Task description ::
Write out, from the entries below, exactly the lines that run between the lines holding "let from = usize::from(link.from);" and "let mut orders = [false; 256];", inclusive, and stop there.

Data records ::
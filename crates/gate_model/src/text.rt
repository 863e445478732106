ghost use Rattle.std.specs.Prelude.{◌≡◌, ℕ, List, string_bytes};

use std::marker::Model;

/// A text, which contracts see as the list of its bytes of UTF-8.
#[derive(Drop)]
pub struct Text {
    held: String,
}

impl Model for Text {
    ghost Value = { List ℕ };

    ghost view = { λ s. string_bytes s.held };
}

impl Text {
    /// The text of the string.
    pub fn of(value: String) -> Text
        ensures { result ≡ string_bytes value }
    {
        Text { held: value }
    }

    /// The string that holds the text. It takes no memory.
    pub fn into_inner(self) -> String
        ensures { string_bytes result ≡ self }
    {
        self.held
    }

    /// The text, lent.
    pub fn as_str(&self) -> &str
        ensures { result.now ≡ self.now }
    {
        self.held.as_str()
    }
}
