// The backward walk from a task against the links.

ghost use Rattle.std.specs.Prelude.{◌≡◌, ◌≤◌, None};
ghost use Rattle.neighbourhoods.specs.Into.{into_system, unmet, VisitIs};
ghost use Rattle.model.specs.Order.{walk};

use model::Walk;
use sets::first;

// To x, and from there to each node with a link to x. It stops below j, and fails on a source or on a task met twice.
fn visit(into: &[u64; 32], j: usize, x: usize, w: Walk) -> Walk
    requires { (1 ≤ x) × (x ≤ 48) × (w.failed ≡ None) }
    ensures { VisitIs into.now j x w result × (unmet result.met ≤ unmet w.met) }
{
    if 32 < x || w.met[x - 1] {
        return Walk {
            failed: Some(x as u8),
            ..w
        };
    }
    let mut next = w;
    next.met[x - 1] = true;
    if x < j {
        return next;
    }
    // Bits from r on; there are 48 nodes. A `while`, since the walk may fail at any of them.
    let mut rest = into[x - 1] % 281474976710656;
    let mut r: usize = 0;
    while rest != 0 {
        let k = first(rest);
        r += k + 1;
        next = visit(into, j, r, next);
        if next.failed.is_some() {
            return next;
        }
        rest = rest >> k >> 1;
    }
    next
}

// The whole walk from task i for the link from i to j.
pub fn walk_back(into: &[u64; 32], i: usize, j: usize) -> Walk
    requires { (1 ≤ i) × (i ≤ 48) }
    ensures { result ≡ walk (into_system into.now) i j }
{
    let none = Walk {
        failed: None,
        met: [false; 32],
    };
    visit(into, j, i, none)
}
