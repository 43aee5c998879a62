// For each task the set of nodes with a link to it.

ghost use Rattle.theory.proofs.WellFormed.{Fielded};
ghost use Rattle.neighbourhoods.specs.Into.{IntoOf};

use model::Description;
use sets::with;

// The nodes with a link to each task: node p is number p - 1 of the set. The loop is that of `paths::successors` by the other end; a closure for
// the two ends would say no less.
pub fn predecessors(d: Description) -> [u64; 32]
    requires { Fielded d }
    ensures { IntoOf d result }
{
    let mut into = [0u64; 32];
    for link in &d.links[..d.link_count] {
        let at = usize::from(link.to) - 1;
        into[at] = with(into[at], usize::from(link.from) - 1);
    }
    into
}
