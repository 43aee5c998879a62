// The order of critical links between tasks: each by the backward walk, and whether all are in order.
#![tactic(auto)]

use into::predecessors;
use model::{Description, Link};
use walk::walk_back;

mod into;
mod walk;

ghost use Rattle.std.specs.Prelude.{◌≡◌, false, ℕ, ◌≤◌, ◌<◌, get_or};
ghost use Rattle.model.specs.Graph.{link_at};
ghost use Rattle.theory.proofs.WellFormed.{WellFormed};
ghost use Rattle.neighbourhoods.specs.Orders.{between_tasks, order_by, OrdersOf, order_held, orders_held};

// Whether a link is critical and between tasks.
fn between_tasks(link: Link) -> bool
    ensures { result ≡ between_tasks link }
{
    link.critical == 1 && link.from < 33
}

// Whether a critical link between tasks is in order; false for any other link.
fn order_by(link: Link, into: &[u64; 32]) -> bool
    requires { 1 ≤ link.from }
    ensures { result ≡ order_by into.now link }
{
    let from = usize::from(link.from);
    let to = usize::from(link.to);
    between_tasks(link) && walk_back(into, from, to).failed.is_none()
}

// Which links between tasks are in order, from the links into each task.
fn orders_by(d: Description, into: &[u64; 32]) -> [bool; 256]
    requires { WellFormed d }
    ensures { (l : ℕ) → l < d.link_count → get_or result l false ≡ order_by into.now (link_at d l) }
{
    let mut orders = [false; 256];
    for (l, link) in d.links[..d.link_count].iter().enumerate() {
        orders[l] = order_by(*link, into);
    }
    orders
}

// Which links between tasks are in order.
pub fn orders_of(d: Description) -> [bool; 256]
    requires { WellFormed d }
    ensures { OrdersOf d result }
{
    orders_by(d, &predecessors(d))
}

// Whether a link's order, where it is asked for one, is held.
fn order_held(link: Link, order: bool) -> bool
    ensures { result ≡ order_held link order }
{
    !between_tasks(link) || order
}

// Whether every critical link between tasks is in order.
pub fn orders_held(d: Description, orders: &[bool; 256]) -> bool
    requires { WellFormed d × OrdersOf d orders.now }
    ensures { result ≡ orders_held d }
{
    (0..d.link_count).all(|l| order_held(d.links[l], orders[l]))
}
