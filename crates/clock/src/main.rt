// The list of the MIDI clock's spacings goes to standard output. Nothing is read. Where a write fails, a line on standard error says so.
#![tactic(auto)]

use std::io;
use streams::write_output;

fn main(rt: HostRuntime) -> io::Result<()> {
    let mut page = [0u8; clock_list::LENGTH];
    clock_list::put_list(&mut page);
    match write_output(&mut rt.stdout(), &page) {
        Err(e) => eprintln!(rt; "clock: write: {e}"),
        Ok(_) => Ok(()),
    }
}
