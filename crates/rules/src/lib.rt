// The claims about one pick (demands 1 and 2) stand in specs/ and proofs/: no code is here.
#![tactic(auto)]
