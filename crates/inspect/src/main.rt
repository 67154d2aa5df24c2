// A test tool: reads images from standard input and writes what the image reader makes of each to
// standard output. An image comes as its length, 2 bytes little-endian, then its bytes: at most 65,535, so that
// there are images beyond what the reader looks at. For each it writes the answer, one byte, 0 accepted, else the
// number of the refusal; the bit at which the field at fault begins, 4 bytes little-endian, 0 where the image is accepted;
// then the net as the crate `dump` lays it out. It ends where the input does.
#![tactic(auto)]

use dump::put_net;
use files::{Failure, print, read_next, take_turns};
use image::reader::{number_of, place_of, read_image};

// Writes what is made of one image.
fn answer(rt: &HostRuntime, image: &[u8]) -> Result<(), Failure> {
    let opened = read_image(image);
    let place = (place_of(opened.answer) % 4294967296) as u32;
    let mut out = [0u8; 27673];
    out[0] = number_of(opened.answer);
    out[1..5].copy_from_slice(&place.to_le_bytes());
    put_net(&mut out[5..], &opened.net);
    print(rt, &out)
}

// Kept, here and in `inspect_text`: two lines, which one function that takes the answerer would make no plainer.
// Reads one image and writes what is made of it; fails at the end of the input.
fn take_turn(rt: &HostRuntime) -> Result<(), Failure> {
    let mut image = [0u8; 65535];
    answer(rt, read_next(rt, &mut image)?)
}

fn main(rt: HostRuntime) {
    take_turns(&rt, take_turn);
}
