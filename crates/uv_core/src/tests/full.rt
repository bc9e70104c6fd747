//! Files that are full, and all files at once.

use super::plays::{Saw, Turn, does, new_core};
use super::rows::{killed, made, refused};
use crate::Torn;
use std::test::Fail;
use uv_num::{Errno, Kind, Request};

/// What the object with this id is asked for by: 64 each of four kinds.
fn request_of(object: u32) -> Request {
    match object / 64 {
        0 => Request::AllocPd,
        1 => Request::CreateChannel,
        2 => Request::CreateCq {
            depth: 8,
            channel: None,
        },
        _ => Request::AllocMw { pd: 0 },
    }
}

fn kind_of(object: u32) -> Kind {
    match object / 64 {
        0 => Kind::Pd,
        1 => Kind::Channel,
        2 => Kind::Cq,
        _ => Kind::Mw,
    }
}

#[test]
fn a_full_file_is_torn_down(rt: HostRuntime) -> Result<(), Fail> {
    let mut core = new_core(rt.alloc())?;
    let open = Turn::Open {
        client: 8,
        file: 15,
        device: 1,
    };
    assert_eq!(rt; does(&mut core, rt.alloc(), open), Saw::Done);
    for object in 0..256 {
        let call = Turn::Call {
            client: 8,
            file: 15,
            request: request_of(object),
        };
        assert_eq!(rt;
            does(&mut core, rt.alloc(), call),
            made(object, object % 64, 0)
        );
    }
    let more = Turn::Call {
        client: 8,
        file: 15,
        request: Request::CreateSrq { pd: 0, depth: 4 },
    };
    assert_eq!(rt; does(&mut core, rt.alloc(), more), refused(Errno::NoSpc));
    let close = Turn::Close { by: 10, file: 15 };
    assert_eq!(rt; does(&mut core, rt.alloc(), close), Saw::Torn(Torn::Began));
    let sweep = Turn::Sweep { by: 10, file: 15 };
    for gone in 0..256 {
        let object = 255 - gone;
        assert_eq!(rt;
            does(&mut core, rt.alloc(), sweep),
            killed(object, kind_of(object), object)
        );
    }
    assert_eq!(rt; does(&mut core, rt.alloc(), sweep), Saw::Done);
    Ok(())
}

#[test]
fn all_files_are_closed_in_turns(rt: HostRuntime) -> Result<(), Fail> {
    let mut core = new_core(rt.alloc())?;
    for file in 0..16 {
        let client = file % 8 + 1;
        let open = Turn::Open {
            client,
            file,
            device: file % 2,
        };
        assert_eq!(rt; does(&mut core, rt.alloc(), open), Saw::Done);
        let call = Turn::Call {
            client,
            file,
            request: Request::AllocPd,
        };
        assert_eq!(rt; does(&mut core, rt.alloc(), call), made(0, file, 0));
    }
    for first in [8, 0] {
        for by in 1..9 {
            let close = Turn::Close {
                by,
                file: first + by - 1,
            };
            assert_eq!(rt; does(&mut core, rt.alloc(), close), Saw::Torn(Torn::Began));
            let other = Turn::Close {
                by,
                file: 7 - (by - 1),
            };
            assert_eq!(rt; does(&mut core, rt.alloc(), other), Saw::Barred);
        }
        for by in 1..9 {
            let file = first + by - 1;
            let sweep = Turn::Sweep { by, file };
            assert_eq!(rt;
                does(&mut core, rt.alloc(), sweep),
                killed(file, Kind::Pd, 0)
            );
        }
        for by in 1..9 {
            let file = first + by - 1;
            let sweep = Turn::Sweep { by, file };
            assert_eq!(rt; does(&mut core, rt.alloc(), sweep), Saw::Done);
            let call = Turn::Call {
                client: by,
                file,
                request: Request::AllocPd,
            };
            assert_eq!(rt;
                does(&mut core, rt.alloc(), call),
                Saw::Refused(Errno::BadF)
            );
        }
    }
    Ok(())
}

Answer to the exercise ::
    let from = usize::from(link.from);
    let to = usize::from(link.to);
    between_tasks(link) && walk_back(into, from, to).failed.is_none()
}

// Which links between tasks are in order, from the links into each task.
fn orders_by(d: Description, into: &[u64; 32]) -> [bool; 256]
    requires { WellFormed d }
    ensures { (l : ℕ) → l < d.link_count → get_or result l false ≡ order_by into.now (link_at d l) }
{
    let mut orders = [false; 256];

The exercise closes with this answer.